▶ Records for this exercise:
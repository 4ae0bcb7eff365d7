//! Bytes that are denied, linked loads and stores, and what comes of a few steps.

use crate::machine::{KEPT, fault, machine};
use guest_space::Space;
use kernel_core::Sig;
use mips_exec::{Cpu, Stepped, step};
use std::alloc::Global;
use std::process::Abort;
use std::test::Fail;

/// An instruction, its base, and the signal, its code and its address.
type DeniedRow = (u32, u32, Sig, u32, u32);

fn denies(rt: &impl Abort, cpu: &mut Cpu, space: &mut Space, row: DeniedRow) -> Result<(), Fail> {
    let (word, _, sig, code, address) = row;
    cpu.link = Some(0x2004);
    space.map(4, 1, 1).map_err(|_| "no page")?;
    space.map(5, 1, 0).map_err(|_| "no page")?;
    let came = fault(cpu, space)?;
    assert!(rt; came == Some((sig, code, address)), "at {word:08x}");
    assert_eq!(rt;
        (cpu.pc, cpu.register(9)),
        (0x1000, 0xAABB_CCDD),
        "at {word:08x}"
    );
    // SC alone clears the link, and a store that is denied writes nothing
    let kept = word != 0xE109_0000;
    assert!(rt; cpu.link == kept.then_some(0x2004), "at {word:08x}");
    assert_eq!(rt; space.load(0x2FFE, 2).ok(), Some(0));
    Ok(())
}

fn is_denied(rt: &impl Abort, alloc: Global, row: DeniedRow) -> Result<(), Fail> {
    let (mut cpu, mut space) = machine(alloc, [row.0, 0], row.1, 0xAABB_CCDD)?;
    denies(rt, &mut cpu, &mut space, row)
}

#[test]
fn denied_bytes_have_their_signals_and_addresses(rt: HostRuntime) -> Result<(), Fail> {
    // LW, LWL, LWR, SW, SH, SWL, SWR, LL and SC. Pages 1 and 2 are there, 4 may be read, and 5 has no protection
    for row in [
        (0x8D09_0000, 0, Sig::Segv, 1, 0),
        (0x8D09_0000, 0x2FFE, Sig::Segv, 1, 0x3000),
        (0x8D09_0000, 0x5000, Sig::Segv, 2, 0x5000),
        (0x8909_0000, 0x3003, Sig::Segv, 1, 0x3000),
        (0x9909_0000, 0x3001, Sig::Segv, 1, 0x3000),
        (0xAD09_0000, 0x2FFE, Sig::Segv, 1, 0x3000),
        (0xAD09_0000, 0x4000, Sig::Segv, 2, 0x4000),
        (0xA509_0000, 0x2FFF, Sig::Segv, 1, 0x3000),
        (0xAD09_0000, 0x7FFF_8000, Sig::Bus, 1, 0x7FFF_8000),
        (0xA909_0000, 0x3002, Sig::Segv, 1, 0x3002),
        (0xB909_0000, 0x3002, Sig::Segv, 1, 0x3000),
        (0xC109_0000, 0x2002, Sig::Bus, 1, 0x2002),
        (0xC109_0000, 0x3000, Sig::Segv, 1, 0x3000),
        (0xE109_0000, 0x2001, Sig::Bus, 1, 0x2001),
        (0xE109_0000, 0x4000, Sig::Segv, 2, 0x4000),
        (0xE109_0000, 0x3000, Sig::Segv, 1, 0x3000),
    ] {
        is_denied(&rt, rt.alloc(), row)?;
    }
    Ok(())
}

/// The place of an instruction, and the signal, its code and its address.
type FetchRow = (u32, Sig, u32, u32);

fn denies_fetch(
    rt: &impl Abort,
    cpu: &mut Cpu,
    space: &mut Space,
    row: FetchRow,
) -> Result<(), Fail> {
    let (pc, sig, code, address) = row;
    space.map(5, 1, 0).map_err(|_| "no page")?;
    cpu.pc = pc;
    assert!(rt;
        fault(cpu, space)? == Some((sig, code, address)),
        "at {pc:08x}"
    );
    assert_eq!(rt; cpu.pc, pc);
    Ok(())
}

fn fetch_is_denied(rt: &impl Abort, alloc: Global, row: FetchRow) -> Result<(), Fail> {
    let (mut cpu, mut space) = machine(alloc, [0, 0], 0, 0)?;
    denies_fetch(rt, &mut cpu, &mut space, row)
}

#[test]
fn denied_fetches_have_their_signals_and_addresses(rt: HostRuntime) -> Result<(), Fail> {
    // an unaligned pc, an absent page, the end of user space, and a page without protection
    for row in [
        (0x1002, Sig::Bus, 1, 0x1002),
        (0x3000, Sig::Segv, 1, 0x3000),
        (0x8000_0000, Sig::Bus, 1, 0x8000_0000),
        (0x5004, Sig::Segv, 2, 0x5004),
    ] {
        fetch_is_denied(&rt, rt.alloc(), row)?;
    }
    Ok(())
}

/// Whether a system call comes in between, the address that is linked, SC's answer, and the word that then stands at 0x2000.
type LinkedRow = (bool, u32, u32, u32);

/// A system call at 0x1008.
fn calls(rt: &impl Abort, cpu: &mut Cpu, space: &mut Space) -> Result<(), Fail> {
    space.store(0x1008, 4, 0x0000_000C).map_err(|_| "no store")?;
    cpu.pc = 0x1008;
    assert!(rt; matches!(step(cpu, space), Ok(Stepped::Syscall)));
    assert_eq!(rt; (cpu.pc, cpu.link.is_none()), (0x100C, true));
    Ok(())
}

fn stores_by_link(
    rt: &impl Abort,
    cpu: &mut Cpu,
    space: &mut Space,
    row: LinkedRow,
) -> Result<(), Fail> {
    let (called, linked, answer, stored) = row;
    assert!(rt; fault(cpu, space)?.is_none());
    assert!(rt; cpu.link == Some(linked));
    if called {
        calls(rt, cpu, space)?;
    }
    cpu.pc = 0x1004;
    cpu.set_register(8, 0x2000);
    assert!(rt; fault(cpu, space)?.is_none());
    assert_eq!(rt; (cpu.register(9), cpu.link.is_none()), (answer, true));
    assert_eq!(rt; space.load(0x2000, 4).ok(), Some(stored));
    Ok(())
}

fn linked_store_answers(rt: &impl Abort, alloc: Global, row: LinkedRow) -> Result<(), Fail> {
    let (mut cpu, mut space) = machine(alloc, [0xC10A_0000, 0xE109_0000], row.1, 0xAABB_CCDD)?;
    stores_by_link(rt, &mut cpu, &mut space, row)
}

#[test]
fn sc_stores_where_its_address_is_linked(rt: HostRuntime) -> Result<(), Fail> {
    // LL $10, 0($8) and SC $9, 0($8), and the same with a system call in between or another link
    for row in [
        (false, 0x2000, 1, 0xAABB_CCDD),
        (true, 0x2000, 0, 0x1122_3344),
        (false, 0x2004, 0, 0x1122_3344),
    ] {
        linked_store_answers(&rt, rt.alloc(), row)?;
    }
    Ok(())
}

/// MFHI $10 or MFLO $10, HI and LO, and register 10.
type MoveRow = (u32, u32, u32, u32);

fn moves(rt: &impl Abort, cpu: &mut Cpu, space: &mut Space, row: MoveRow) -> Result<(), Fail> {
    let (word, high, low, result) = row;
    cpu.hi = high;
    cpu.lo = low;
    assert!(rt; fault(cpu, space)?.is_none(), "at {word:08x}");
    assert_eq!(rt;
        (cpu.pc, cpu.register(10), cpu.hi, cpu.lo),
        (0x1004, result, high, low),
        "at {word:08x}"
    );
    Ok(())
}

fn move_gives(rt: &impl Abort, alloc: Global, row: MoveRow) -> Result<(), Fail> {
    let (mut cpu, mut space) = machine(alloc, [row.0, 0], 0, 0)?;
    moves(rt, &mut cpu, &mut space, row)
}

#[test]
fn moves_give_high_and_low(rt: HostRuntime) -> Result<(), Fail> {
    for row in [
        (0x0000_5010, 0x8000_0000, 7, 0x8000_0000),
        (0x0000_5010, 0xFFFF_FFFF, 0, 0xFFFF_FFFF),
        (0x0000_5012, 7, 0x8000_0000, 0x8000_0000),
        (0x0000_5012, 0, 0xFFFF_FFFF, 0xFFFF_FFFF),
    ] {
        move_gives(&rt, rt.alloc(), row)?;
    }
    Ok(())
}

/// Two instructions, and what registers 9 and 10 hold then.
type StoredRow = ([u32; 2], u32, u32);

fn stores_to_a_new_page(
    rt: &impl Abort,
    cpu: &mut Cpu,
    space: &mut Space,
    row: StoredRow,
) -> Result<(), Fail> {
    let (_, ninth, tenth) = row;
    space.map(6, 1, 3).map_err(|_| "no page")?;
    assert!(rt; matches!(step(cpu, space), Ok(Stepped::Next)));
    assert!(rt; matches!(step(cpu, space), Ok(Stepped::Next)));
    assert_eq!(rt;
        (cpu.pc, cpu.register(9), cpu.register(10)),
        (0x1008, ninth, tenth)
    );
    assert_eq!(rt; space.load(0x6000, 4).ok(), Some(0xAABB_CCDD));
    Ok(())
}

fn new_page_is_stored_to(rt: &impl Abort, alloc: Global, row: StoredRow) -> Result<(), Fail> {
    let (mut cpu, mut space) = machine(alloc, row.0, 0x6000, 0xAABB_CCDD)?;
    stores_to_a_new_page(rt, &mut cpu, &mut space, row)
}

#[test]
fn pages_that_were_not_written_are_stored_to(rt: HostRuntime) -> Result<(), Fail> {
    // SW $9, 0($8) and a NOP; LL $10, 0($8) and SC $9, 0($8)
    for row in [
        ([0xAD09_0000, 0], 0xAABB_CCDD, KEPT),
        ([0xC10A_0000, 0xE109_0000], 1, 0),
    ] {
        new_page_is_stored_to(&rt, rt.alloc(), row)?;
    }
    Ok(())
}

/// A system call, before which an address is linked.
fn tells_a_call(rt: &impl Abort, cpu: &mut Cpu, space: &mut Space) {
    cpu.link = Some(0x2000);
    assert!(rt; matches!(step(cpu, space), Ok(Stepped::Syscall)));
    assert_eq!(rt; (cpu.pc, cpu.link.is_none()), (0x1004, true));
}

fn call_is_told(rt: &impl Abort, alloc: Global, word: u32) -> Result<(), Fail> {
    let (mut cpu, mut space) = machine(alloc, [word, 0], 0, 0)?;
    tells_a_call(rt, &mut cpu, &mut space);
    Ok(())
}

#[test]
fn system_calls_are_told(rt: HostRuntime) -> Result<(), Fail> {
    for word in [0x0000_000C, 0x0000_404C, 0x03FF_FFCC] {
        call_is_told(&rt, rt.alloc(), word)?;
    }
    Ok(())
}
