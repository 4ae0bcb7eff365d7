//! Instructions one after the other: stores to the code itself, ends of pages, and where a run ends.

use crate::machine::{KEPT, machine};
use guest_space::Space;
use kernel_core::Sig;
use mips_exec::{Cpu, Ran, Stepped, run};
use std::alloc::Global;
use std::process::Abort;
use std::test::Fail;

/// ADDIU $10, $0, 7 and ADDIU $10, $0, 1.
const SEVEN: u32 = 0x240A_0007;

const ONE: u32 = 0x240A_0001;

const SYSCALL: u32 = 0x0000_000C;

/// BEQ that goes two words past its slot.
const GO_ON: u32 = 0x1000_0002;

/// What the last instruction of a run came to.
#[derive(Clone, Copy)]
enum Came {
    Next,
    Call,
    Signal(Sig, u32, u32),
}

/// The address of the first of five instructions, these, registers 8 and 9, and the most instructions before the last one.
type Script = (u32, [u32; 5], u32, u32, u64);

/// The instructions before the last one, what that came to, the program counter, and registers 9 and 10.
type Outcome = (u64, Came, u32, u32, u32);

fn has_come(came: Came, ran: &Ran) -> bool {
    match ran.came {
        Ok(Stepped::Next) => matches!(came, Came::Next),
        Ok(Stepped::Syscall) => matches!(came, Came::Call),
        Ok(Stepped::Fault { sig, code, addr }) => match came {
            Came::Signal(wanted, number, address) => (sig, code, addr) == (wanted, number, address),
            _ => false,
        },
        Err(_no_memory) => false,
    }
}

fn runs(
    rt: &impl Abort,
    cpu: &mut Cpu,
    space: &mut Space,
    most: u64,
    outcome: Outcome,
) -> Result<(), Fail> {
    let (quiet, came, pc, ninth, tenth) = outcome;
    let begun = cpu.pc;
    let ran = run(cpu, space, most);
    assert!(rt; has_come(came, &ran), "from {begun:08x}");
    assert_eq!(rt;
        (ran.quiet, cpu.pc, cpu.register(9), cpu.register(10)),
        (quiet, pc, ninth, tenth),
        "from {begun:08x}"
    );
    Ok(())
}

fn write(space: &mut Space, first: u32, words: [u32; 5]) -> Result<(), &'static str> {
    let mut at = first;
    for word in words {
        space.store(at, 4, word).map_err(|_| "no store")?;
        at = at.wrapping_add(4);
    }
    Ok(())
}

fn script_runs(
    rt: &impl Abort,
    alloc: Global,
    script: Script,
    outcome: Outcome,
) -> Result<(), Fail> {
    let (first, words, eighth, ninth, most) = script;
    let (mut cpu, mut space) = machine(alloc, [0, 0], eighth, ninth)?;
    write(&mut space, first, words)?;
    cpu.pc = first;
    runs(rt, &mut cpu, &mut space, most, outcome)
}

#[test]
fn a_word_that_was_stored_is_the_word_executed(rt: HostRuntime) -> Result<(), Fail> {
    for (script, outcome) in [
        // SW $9, 4($8) over the next instruction
        (
            (
                0x1000,
                [0xAD09_0004, ONE, SYSCALL, 0, 0],
                0x1000,
                SEVEN,
                100,
            ),
            (2, Came::Call, 0x100C, SEVEN, 7),
        ),
        // SW $9, 12($8) in the slot of a branch, over its target
        (
            (
                0x1000,
                [GO_ON, 0xAD09_000C, 0, ONE, SYSCALL],
                0x1000,
                SEVEN,
                100,
            ),
            (3, Came::Call, 0x1014, SEVEN, 7),
        ),
        // SW $9, 0($8) over an instruction that was executed, and BEQ back to it
        (
            (
                0x1000,
                [ONE, 0xAD09_0000, 0x1000_FFFD, 0, 0],
                0x1000,
                SYSCALL,
                100,
            ),
            (4, Came::Call, 0x1004, SYSCALL, 1),
        ),
    ] {
        script_runs(&rt, rt.alloc(), script, outcome)?;
    }
    Ok(())
}

#[test]
fn a_run_goes_from_page_to_page(rt: HostRuntime) -> Result<(), Fail> {
    for (script, outcome) in [
        // the next page; a slot at its begin, and a slot at the end of its page
        (
            (0x1FFC, [SEVEN, SYSCALL, 0, 0, 0], 0, 5, 100),
            (1, Came::Call, 0x2004, 5, 7),
        ),
        (
            (0x1FFC, [GO_ON, SEVEN, 0, SYSCALL, 0], 0, 5, 100),
            (2, Came::Call, 0x200C, 5, 7),
        ),
        (
            (0x1FF8, [GO_ON, SEVEN, 0, SYSCALL, 0], 0, 5, 100),
            (2, Came::Call, 0x2008, 5, 7),
        ),
        // a call at the end of a page
        (
            (0x1FF8, [SEVEN, SYSCALL, 0, 0, 0], 0, 5, 100),
            (1, Came::Call, 0x2000, 5, 7),
        ),
        // an absent page, and JR $8 to an unaligned address
        (
            (0x2FEC, [0, 0, 0, 0, SEVEN], 0, 5, 100),
            (5, Came::Signal(Sig::Segv, 1, 0x3000), 0x3000, 5, 7),
        ),
        (
            (0x1000, [0x0100_0008, SEVEN, 0, 0, 0], 0x2002, 5, 100),
            (2, Came::Signal(Sig::Bus, 1, 0x2002), 0x2002, 5, 7),
        ),
    ] {
        script_runs(&rt, rt.alloc(), script, outcome)?;
    }
    Ok(())
}

#[test]
fn a_run_ends_at_a_fault(rt: HostRuntime) -> Result<(), Fail> {
    for (words, came, quiet, pc, tenth) in [
        // SW $9, 0($8) and LW $9, 0($8) of an absent page, also in a slot; a branch and a call in a slot; a word of no instruction
        (
            [SEVEN, 0xAD09_0000],
            Came::Signal(Sig::Segv, 1, 0x3000),
            1,
            0x1004,
            7,
        ),
        (
            [SEVEN, 0x8D09_0000],
            Came::Signal(Sig::Segv, 1, 0x3000),
            1,
            0x1004,
            7,
        ),
        (
            [GO_ON, 0xAD09_0000],
            Came::Signal(Sig::Segv, 1, 0x3000),
            1,
            0x1000,
            KEPT,
        ),
        (
            [GO_ON, 0x8D09_0000],
            Came::Signal(Sig::Segv, 1, 0x3000),
            1,
            0x1000,
            KEPT,
        ),
        (
            [GO_ON, GO_ON],
            Came::Signal(Sig::Ill, 1, 0x1000),
            1,
            0x1000,
            KEPT,
        ),
        (
            [GO_ON, SYSCALL],
            Came::Signal(Sig::Ill, 1, 0x1000),
            1,
            0x1000,
            KEPT,
        ),
        (
            [SEVEN, 0xFFFF_FFFF],
            Came::Signal(Sig::Ill, 1, 0x1004),
            1,
            0x1004,
            7,
        ),
    ] {
        let script = (0x1000, [words[0], words[1], ONE, ONE, ONE], 0x3000, 5, 100);
        script_runs(&rt, rt.alloc(), script, (quiet, came, pc, 5, tenth))?;
    }
    Ok(())
}

#[test]
fn a_run_has_at_most_so_many_instructions_and_one(rt: HostRuntime) -> Result<(), Fail> {
    for (script, outcome) in [
        (
            (0x1000, [SEVEN, ONE, 0, 0, 0], 0x2000, 5, 0),
            (0, Came::Next, 0x1004, 5, 7),
        ),
        // ADDIU $9, $0, 6
        (
            (0x1000, [SEVEN, 0x2409_0006, ONE, 0, 0], 0x2000, 5, 1),
            (1, Came::Next, 0x1008, 6, 7),
        ),
        // SW $9, 0($8) as the last one, and as the last but one
        (
            (0x1000, [0xAD09_0000, SEVEN, ONE, 0, 0], 0x2000, 5, 0),
            (0, Came::Next, 0x1004, 5, KEPT),
        ),
        (
            (0x1000, [0xAD09_0000, SEVEN, ONE, 0, 0], 0x2000, 5, 1),
            (1, Came::Next, 0x1008, 5, 7),
        ),
        // a call behind the most that are quiet, and one before so many were carried out
        (
            (0x1000, [SYSCALL, ONE, ONE, 0, 0], 0x2000, 5, 0),
            (0, Came::Call, 0x1004, 5, KEPT),
        ),
        (
            (0x1000, [SEVEN, SYSCALL, ONE, 0, 0], 0x2000, 5, 1),
            (1, Came::Call, 0x1008, 5, 7),
        ),
        (
            (0x1000, [SEVEN, SYSCALL, ONE, 0, 0], 0x2000, 5, 2),
            (1, Came::Call, 0x1008, 5, 7),
        ),
        // LL $10, 0($8) and SC $9, 0($8)
        (
            (
                0x1000,
                [0xC10A_0000, 0xE109_0000, SYSCALL, 0, 0],
                0x2000,
                0xAABB_CCDD,
                100,
            ),
            (2, Came::Call, 0x100C, 1, 0x1122_3344),
        ),
    ] {
        script_runs(&rt, rt.alloc(), script, outcome)?;
    }
    Ok(())
}

/// A call in page 1, behind which its protection goes, then the page, and then there is a page of zeros, which are NOPs.
fn runs_again(rt: &impl Abort, cpu: &mut Cpu, space: &mut Space) -> Result<(), Fail> {
    runs(rt, cpu, space, 100, (1, Came::Call, 0x1008, 5, 7))?;
    let _ = space.protect(1, 1, 0);
    let forbidden = Came::Signal(Sig::Segv, 2, 0x1008);
    runs(rt, cpu, space, 100, (0, forbidden, 0x1008, 5, 7))?;
    space.unmap(1, 1);
    let absent = Came::Signal(Sig::Segv, 1, 0x1008);
    runs(rt, cpu, space, 100, (0, absent, 0x1008, 5, 7))?;
    space.map(1, 1, 5).map_err(|_| "no page")?;
    runs(rt, cpu, space, 3, (3, Came::Next, 0x1018, 5, 7))
}

#[test]
fn a_page_that_a_call_took_is_not_executed(rt: HostRuntime) -> Result<(), Fail> {
    let (mut cpu, mut space) = machine(rt.alloc(), [SEVEN, SYSCALL], 0, 5)?;
    runs_again(&rt, &mut cpu, &mut space)
}
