//! A processor and its memory, with two instructions and two words in it.

use guest_space::Space;
use kernel_core::Sig;
use mips_exec::{Cpu, NoMemory, Stepped, step};
use std::alloc::Global;

/// What registers 9, 10 and 31 hold at first, where no row says otherwise.
pub(crate) const KEPT: u32 = 0x5A5A_5A5A;

/// A signal, its code and its address.
pub(crate) type Signal = (Sig, u32, u32);

/// What there is after a step.
#[derive(Drop)]
pub(crate) struct After {
    /// The signal that came, if any.
    pub(crate) came: Option<Signal>,
    pub(crate) cpu: Cpu,
    /// The words at 0x2000 and 0x2004.
    pub(crate) stored: [Option<u32>; 2],
}

/// A processor at 0x1000 with two values in registers 8 and 9.
fn processor(first: u32, second: u32) -> Cpu {
    let mut cpu = Cpu::new(0x1000);
    cpu.set_register(8, first);
    cpu.set_register(9, second);
    cpu.set_register(10, KEPT);
    cpu.set_register(31, KEPT);
    cpu.hi = 1;
    cpu.lo = 0xFFFF_FFFE;
    cpu.tls = 0x00C0_FFEE;
    cpu
}

/// Pages 1 and 2, which hold two instructions and, at 0x2000, two words.
fn fill(space: &mut Space, words: [u32; 2]) -> Result<(), &'static str> {
    space.map(1, 2, 7).map_err(|_| "no pages")?;
    for (at, word) in [
        (0x1000, words[0]),
        (0x1004, words[1]),
        (0x2000, 0x1122_3344),
        (0x2004, 0x8899_AABB),
    ] {
        space.store(at, 4, word).map_err(|_| "no store")?;
    }
    Ok(())
}

/// A processor at 0x1000 with two values in registers 8 and 9, and pages 1 and 2, which hold two
/// instructions and, at 0x2000, two words.
pub(crate) fn machine(
    alloc: Global,
    words: [u32; 2],
    first: u32,
    second: u32,
) -> Result<(Cpu, Space), &'static str> {
    let mut space = Space::new(alloc).map_err(|_| "no memory")?;
    fill(&mut space, words)?;
    Ok((processor(first, second), space))
}

/// One step, and the signal, if one came.
pub(crate) fn fault(cpu: &mut Cpu, space: &mut Space) -> Result<Option<Signal>, &'static str> {
    match step(cpu, space) {
        Ok(Stepped::Fault { sig, code, addr }) => Ok(Some((sig, code, addr))),
        Ok(Stepped::Next | Stepped::Syscall) => Ok(None),
        Err(NoMemory) => Err("no memory"),
    }
}

fn stepped(mut cpu: Cpu, space: &mut Space, word: u32) -> Result<After, &'static str> {
    fill(space, [word, 0])?;
    let came = fault(&mut cpu, space)?;
    Ok(After {
        came,
        cpu,
        stored: [space.load(0x2000, 4).ok(), space.load(0x2004, 4).ok()],
    })
}

/// What there is after an instruction with two values in registers 8 and 9.
pub(crate) fn one_step(
    alloc: Global,
    word: u32,
    first: u32,
    second: u32,
) -> Result<After, &'static str> {
    let mut space = Space::new(alloc).map_err(|_| "no memory")?;
    stepped(processor(first, second), &mut space, word)
}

▶ What you will do: Whenever the word "eighth" occurs in a line of the listing above, return that line.

▶ Problem solution:
    let (first, words, eighth, ninth, most) = script;
    let (mut cpu, mut space) = machine(alloc, [0, 0], eighth, ninth)?;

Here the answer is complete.